Latest revision as of 15:43, 24 February 2017


ECE Ph.D. Qualifying Exam

Communication, Networking, Signal and Image Processing (CS)

Question 1: Probability and Random Processes

August 2013



Part 2

Let $ X_1,X_2,... $ be a sequence of jointly Gaussian random variables with covariance

$ Cov(X_i,X_j) = \left\{ \begin{array}{ll} {\sigma}^2, & i=j\\ \rho{\sigma}^2, & |i-j|=1\\ 0, & otherwise \end{array} \right. $

Suppose we take 2 consecutive samples from this sequence to form a vector $ X $, which is then linearly transformed to form a 2-dimensional random vector $ Y=AX $. Find a matrix $ A $ so that the components of $ Y $ are independent random variables You must justify your answer.


Solution 1

Suppose

$ A=\left(\begin{array}{cc} a & b\\ c & d \end{array} \right) $.

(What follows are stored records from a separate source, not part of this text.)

ghost use Rattle.std.specs.Prelude.{◌≡◌, IfOk};
ghost use Rattle.ct_app.specs.Rerun.{ReadsLog, ReadsOnly, names_in_text, wanted_of};

use crate::run_files::{LOG, RunFileFault, fault_at};
use ct_args::Invocation;
use ct_base::{Blob, Files, List, Name, NoMemory, join_path};
use ct_select::failed_names;
use std::alloc::Global;

/// The greatest number of bytes of a log that counts: 64 MiB.
///
/// Source: this project's choice.
const MOST_LOG_BYTES: u64 = 67_108_864;

/// Reads the names that a choice is limited to, if any.
///
/// Where the words ask for the tests that failed last, they are the names in the log of the folder.
/// Else there is no limit.
///
/// Source: CMake manual, ctest(1), --rerun-failed.
#[tactic(auto, using(crate::proofs::RerunLemmas::only_unread))]
pub(crate) fn read_only<F: Files>(
    alloc: Global,
    files: &mut F,
    rerun: bool,
    dir: &Name,
) -> Result<Option<List<Name>>, RunFileFault>
    ensures { ReadsOnly rerun dir.now (F.tells files.old) (F.tells files.new) result }
{
    if rerun {
        Ok(Some(read_log(alloc, files, dir)?))
    } else {
        Ok(None)
    }
}

/// Limits the choice of an invocation to these names, if any.
pub(crate) fn limit_choice(invocation: &mut Invocation, only: Option<List<Name>>)
    ensures { invocation.new ≡ record invocation.old { wanted = wanted_of invocation.old only } }
{
    invocation.wanted.choice.only = only;
}

/// Reads the names in the log of a folder. An absent log, or a log above 64 MiB, counts as empty.
fn read_log<F: Files>(alloc: Global, files: &mut F, dir: &Name) -> Result<List<Name>, RunFileFault>
    ensures { ReadsLog dir.now (F.tells files.old) (F.tells files.new) result }
{
    let path = join_path(alloc, dir, &Name::of(alloc, LOG)?)?;
    match files.read(alloc, &path, MOST_LOG_BYTES) {
        Ok(held) => Ok(names_of(alloc, held)?),
        Err(fault) => Err(fault_at(path, fault)),
    }
}

/// Reads the names in the text at a path, cut at most one byte behind the limit.
fn names_of(alloc: Global, held: Option<Blob>) -> Result<List<Name>, NoMemory>
    ensures { IfOk result (λ names. names ≡ names_in_text held) }
{
    match held {
        Some(text) if text.bytes().len() as u64 <= MOST_LOG_BYTES => {
            failed_names(alloc, text.bytes())
        }
        _ => Ok(List::new(alloc)),
    }
}
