ghost use Rattle.std.specs.Prelude.{◌≡◌, ◌∷◌, ◌++◌, [], codes, decimal, IfOk, OnOk};
ghost use Rattle.ct_app.specs.Ends.{ReportsFault, ReportsEnd};
ghost use Rattle.ct_app.specs.Outcome.{arrows_to, cycle_text, fault_line, fault_status, kind_text, outcome_text, prop_text, refusal_text, spec_fault_text, spec_text, usage_text};
ghost use Rattle.ct_report.specs.PutLines.{PutsLines};

use crate::{Outcome, Refusal, SpecFault, SpecRefusal, UsageKind};
use ct_base::{Blob, Name, NoMemory, Sink, SinkFault};
use ct_props::PropKind;
use ct_testfile::ReadKind;
use std::alloc::Global;

/// Puts the line of the outcome where the call did not complete a run, and returns the outcome and
/// the status of the call: that of the run, or else 1 for refused words, 2 for a refusal, 3 for a
/// fault of the files, 4 for a fault of the sink and 5 for want of memory.
///
/// `names` are the names of the tests of a cycle.
///
/// Source: this project's choice.
pub fn report_end<S: Sink>(
    alloc: Global,
    sink: &mut S,
    names: &[Name],
    ended: Result<u8, Outcome>,
) -> (Outcome, u8)
    ensures { ReportsEnd names.now ended result.0 result.1 (S.tells sink.old) (S.tells sink.new) }
{
    match ended {
        Ok(status) => (Outcome::Completed, status),
        Err(outcome) => report_outcome(alloc, sink, names, outcome),
    }
}

/// Puts the line of an outcome but Completed, and returns the outcome and the status of the call.
///
/// Where the sink has failed, or a list was put, nothing is put. Where memory runs out for the
/// line, the outcome is Memory. `names` are the names of the tests of a cycle.
///
/// Source: this project's choice.
pub fn report_outcome<S: Sink>(
    alloc: Global,
    sink: &mut S,
    names: &[Name],
    outcome: Outcome,
) -> (Outcome, u8)
    ensures reported { ReportsFault names.now outcome result.0 (S.tells sink.old) (S.tells sink.new) }
    ensures status { result.1 ≡ fault_status result.0 }
{
    let reported = report_fault(alloc, sink, names, outcome);
    let status = status(&reported);
    (reported, status)
}

/// Puts the line of an outcome but Completed, and returns the outcome, or Memory where memory ran
/// out for the line.
fn report_fault<S: Sink>(alloc: Global, sink: &mut S, names: &[Name], outcome: Outcome) -> Outcome
    ensures { ReportsFault names.now outcome result (S.tells sink.old) (S.tells sink.new) }
{
    match outcome {
        Outcome::OutputFault => return Outcome::OutputFault,
        Outcome::Listed => return Outcome::Listed,
        _ => {}
    }
    match put_fault(alloc, sink, names, &outcome) {
        Ok(()) => outcome,
        Err(SinkFault::Failed) => outcome,
        Err(SinkFault::NoMemory) => Outcome::Memory,
    }
}

/// Returns the exit status of an outcome but Completed.
fn status(outcome: &Outcome) -> u8
    ensures { result ≡ fault_status outcome.now }
{
    match outcome {
        Outcome::Completed | Outcome::Listed => 0,
        Outcome::Usage { .. } => 1,
        Outcome::Refused(_) => 2,
        Outcome::FilesFault { .. } => 3,
        Outcome::OutputFault => 4,
        Outcome::Memory => 5,
    }
}

/// Puts the line of an outcome in one put. That of want of memory takes no memory.
fn put_fault<S: Sink>(
    alloc: Global,
    sink: &mut S,
    names: &[Name],
    outcome: &Outcome,
) -> Result<(), SinkFault>
    ensures { PutsLines (fault_line names.now outcome.now ∷ []) (S.tells sink.old) (S.tells sink.new) result }
{
    if let Outcome::Memory = outcome {
        sink.put(b"ctest: out of memory\n")?;
        return Ok(());
    }
    let line = fault_line(alloc, names, outcome)?;
    sink.put(line.bytes())?;
    Ok(())
}

fn fault_line(alloc: Global, names: &[Name], outcome: &Outcome) -> Result<Blob, NoMemory>
    ensures { IfOk result (λ line. line ≡ fault_line names.now outcome.now) }
{
    let mut line = Blob::of(alloc, b"ctest: ")?;
    line.append(outcome_text(alloc, names, outcome)?.bytes())?;
    line.append(b"\n")?;
    Ok(line)
}

fn outcome_text(alloc: Global, names: &[Name], outcome: &Outcome) -> Result<Blob, NoMemory>
    ensures { IfOk result (λ text. text ≡ outcome_text names.now outcome.now) }
{
    match outcome {
        Outcome::Completed | Outcome::Listed | Outcome::OutputFault => Ok(Blob::new(alloc)),
        Outcome::Usage { word, kind } => text_of_usage(alloc, *word, *kind),
        Outcome::Refused(refusal) => text_of_refusal(alloc, names, refusal),
        Outcome::FilesFault { path } => text_of_files_fault(alloc, path),
        Outcome::Memory => Blob::of(alloc, b"out of memory"),
    }
}

fn text_of_usage(alloc: Global, word: u32, kind: UsageKind) -> Result<Blob, NoMemory>
    ensures { IfOk result (λ text. text ≡ codes "word " ++ decimal word ++ codes ": " ++ usage_text kind) }
{
    let mut text = Blob::of(alloc, b"word ")?;
    text.append_number(alloc, u128::from(word))?;
    text.append(b": ")?;
    text.append(text_of_word_fault(kind))?;
    Ok(text)
}

fn text_of_word_fault(kind: UsageKind) -> &'static [u8]
    ensures { result.now ≡ usage_text kind }
{
    match kind {
        UsageKind::UnknownOption => b"unknown option",
        UsageKind::NoValue => b"no value",
        UsageKind::BadNumber => b"bad number",
        UsageKind::BadPattern => b"bad pattern",
        UsageKind::Twice => b"given twice",
        UsageKind::BadMode => b"bad mode",
    }
}

fn text_of_refusal(alloc: Global, names: &[Name], refusal: &Refusal) -> Result<Blob, NoMemory>
    ensures { IfOk result (λ text. text ≡ refusal_text names.now refusal.now) }
{
    match refusal {
        Refusal::TestFile { file, line, kind } => text_of_place(alloc, file, *line, *kind),
        Refusal::Prop { test, key, kind } => text_of_prop(alloc, *test, key, kind),
        Refusal::Spec(why) => text_of_spec(alloc, why),
        Refusal::Cycle(_) => text_of_cycle(alloc, names),
        Refusal::TooManyEdges => Blob::of(alloc, b"too many dependencies"),
    }
}

fn text_of_spec(alloc: Global, why: &SpecRefusal) -> Result<Blob, NoMemory>
    ensures { IfOk result (λ text. text ≡ codes "resource specification: " ++ spec_text why.now) }
{
    let mut text = Blob::of(alloc, b"resource specification: ")?;
    match why {
        SpecRefusal::Absent => text.append(b"absent")?,
        SpecRefusal::TooLong => text.append(b"too long")?,
        SpecRefusal::Fault(fault) => append_spec_fault(&mut text, fault)?,
    }
    Ok(text)
}

fn append_spec_fault(text: &mut Blob, fault: &SpecFault) -> Result<(), NoMemory>
    ensures { OnOk result (text.new ≡ text.old ++ spec_fault_text fault.now) }
{
    match fault {
        SpecFault::NotJson => text.append(b"not JSON"),
        SpecFault::BadVersion => text.append(b"bad version"),
        SpecFault::BadLocal => text.append(b"bad local"),
        SpecFault::BadKind { kind } => append_both(text, b"bad type ", kind),
        SpecFault::BadId { kind, .. } => append_both(text, b"bad id in ", kind),
        SpecFault::TwiceId { kind, .. } => append_both(text, b"repeated id in ", kind),
        SpecFault::BadSlots { kind, .. } => append_both(text, b"bad slots in ", kind),
        SpecFault::TooMany => text.append(b"too many resources"),
        SpecFault::NoMemory => text.append(b"out of memory"),
    }
}

fn append_both(text: &mut Blob, cause: &[u8], kind: &Name) -> Result<(), NoMemory>
    ensures { OnOk result (text.new ≡ text.old ++ (cause.now ++ kind.now)) }
{
    text.append(cause)?;
    text.append(kind.bytes())
}

fn text_of_cycle(alloc: Global, names: &[Name]) -> Result<Blob, NoMemory>
    ensures { IfOk result (λ text. text ≡ cycle_text names.now) }
{
    let mut text = Blob::of(alloc, b"cycle: ")?;
    if let [first, others @ ..] = names {
        text.append(first.bytes())?;
        append_arrows(&mut text, others)?;
        text.append(b" -> ")?;
        text.append(first.bytes())?;
    }
    Ok(text)
}

fn append_arrows(text: &mut Blob, names: &[Name]) -> Result<(), NoMemory>
    ensures { OnOk result (text.new ≡ text.old ++ arrows_to names.now) }
{
    for name in names {
        text.append(b" -> ")?;
        text.append(name.bytes())?;
    }
    Ok(())
}

fn text_of_prop(alloc: Global, test: u32, key: &Name, kind: &PropKind) -> Result<Blob, NoMemory>
    ensures { IfOk result (λ text. text ≡ codes "test " ++ decimal test ++ codes ": " ++ key.now ++ codes ": " ++ prop_text kind.now) }
{
    let mut text = Blob::of(alloc, b"test ")?;
    text.append_number(alloc, u128::from(test))?;
    text.append(b": ")?;
    text.append(key.bytes())?;
    text.append(b": ")?;
    text.append(text_of_prop_kind(kind))?;
    Ok(text)
}

fn text_of_prop_kind(kind: &PropKind) -> &'static [u8]
    ensures { result.now ≡ prop_text kind.now }
{
    match kind {
        PropKind::BadNumber => b"bad number",
        PropKind::BadPattern(_) => b"bad pattern",
        PropKind::BadGroups(_) => b"bad resource groups",
    }
}

fn text_of_place(alloc: Global, file: &Name, line: u32, kind: ReadKind) -> Result<Blob, NoMemory>
    ensures { IfOk result (λ text. text ≡ file.now ++ codes ":" ++ decimal line ++ codes ": " ++ kind_text kind) }
{
    let mut text = Blob::of(alloc, file.bytes())?;
    text.append(b":")?;
    text.append_number(alloc, u128::from(line))?;
    text.append(b": ")?;
    text.append(text_of_kind(kind))?;
    Ok(text)
}

fn text_of_kind(kind: ReadKind) -> &'static [u8]
    ensures { result.now ≡ kind_text kind }
{
    match kind {
        ReadKind::OpenString => b"unclosed quoted argument",
        ReadKind::OpenBracket => b"unclosed bracket",
        ReadKind::OpenCall => b"unclosed command",
        ReadKind::BadEscape => b"bad escape",
        ReadKind::BadChar => b"unexpected byte",
        ReadKind::BadReference => b"bad variable reference",
        ReadKind::UnknownCommand => b"unknown command",
        ReadKind::BadCall => b"bad arguments",
        ReadKind::MissingInclude => b"included file is missing",
        ReadKind::UnpairedIf => b"unpaired if",
        ReadKind::BadCondition => b"bad condition",
        ReadKind::BadPattern => b"bad pattern",
        ReadKind::TooDeep => b"files nest too deep",
        ReadKind::TooManyTests => b"too many tests",
        ReadKind::TooManyCommands => b"too many commands",
        ReadKind::TooLong => b"too much text",
    }
}

fn text_of_files_fault(alloc: Global, path: &Name) -> Result<Blob, NoMemory>
    ensures { IfOk result (λ text. text ≡ codes "cannot use file " ++ path.now) }
{
    let mut text = Blob::of(alloc, b"cannot use file ")?;
    text.append(path.bytes())?;
    Ok(text)
}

Then the new 2-D random vector can be expressed as

$ Y=\left(\begin{array}{c}Y_1 \\ Y_2\end{array} \right)=A\left(\begin{array}{c}X_i \\ X_j\end{array} \right)=\left(\begin{array}{c}aX_i+bX_j \\ cX_i+dX_j\end{array} \right) $


Therefore,

$ \begin{array}{l}Cov(Y_1,Y_2)=E[(aX_i+bX_j-E(aX_i+bX_j))(cX_i+dX_j-E(cX_i+dX_j))] \\ =E[(aX_i+bX_j-aE(X_i)-bE(X_j))(cX_i+dX_j-cE(X_i)-dE(X_j))] \\ =E[acX_i^2+adX_iX_j-acX_iE(X_i)-adX_iE(X_j)+bcX_iX_j+bdX_j^2-bcX_jE(X_i)\\ -bdX_jE(X_j)-acX_iE(X_i)-adX_jE(X_i)+acE(X_i)^2+adE(X_i)E(X_j)\\ -bcX_iE(X_j)-bdX_jE(X_j)+bcE(X_i)E(X_j)+bdE(X_i)^2]\\ =E(ac(X_i-E(X_i))^2+(ad+bc)(X_i-E(X_i)(X_j-E(X_j))+bd(X_j-E(X_j))^2]\\ =(ac)Cov(X_i,X_i)+(ad+bc)Cov(X-i,X_j)+(bd)Cov(X_j,X_j)\\ =ac\sigma^2+(ad+bc)\rho\sigma^2+bd\sigma^2 \end{array} $

Let the above formula equal to 0 and $ a=b=d=1 $, we get $ c=-1 $.

Therefore, a solution is

$ A=\left(\begin{array}{cc} 1 & 1\\ -1 & 1 \end{array} \right) $.

Comments on solution 1

More procedures and explanations would be better.


Solution 2

Assume

$ Y=\left(\begin{array}{c}Y_i \\ Y_j\end{array} \right)=A\left(\begin{array}{c}X_i \\ X_j\end{array} \right)=\left(\begin{array}{c}a_{11}X_i+a_{12}X_j \\ a_{21}X_i+a_{22}X_j\end{array} \right) $.

Then

$ \begin{array}{l}E(Y_iY_j)=E[(a_{11}X_i+a_{12}X_j)(a_{21}X_i+a_{22}X_j)]\\ =a_{11}a_{21}\sigma^2+a_{12}a_{22}\sigma^2+(a_{11}a_{21}+a_{22}a_{11})E(X_iX_j) \end{array} $

For $ |i-j|\geq1 $, $ E(X_i,X_j)=0 $. Therefore, $ a_{11}a_{21}+a_{12}a_{22}=0 $.

One solution can be

$ A=\left(\begin{array}{cc} 1 & -1\\ 1 & 1 \end{array} \right) $.


Critique on Solution 2:

1. $ E(Y_iY_j)=0 $ is not the condition for the two random variables to be independent.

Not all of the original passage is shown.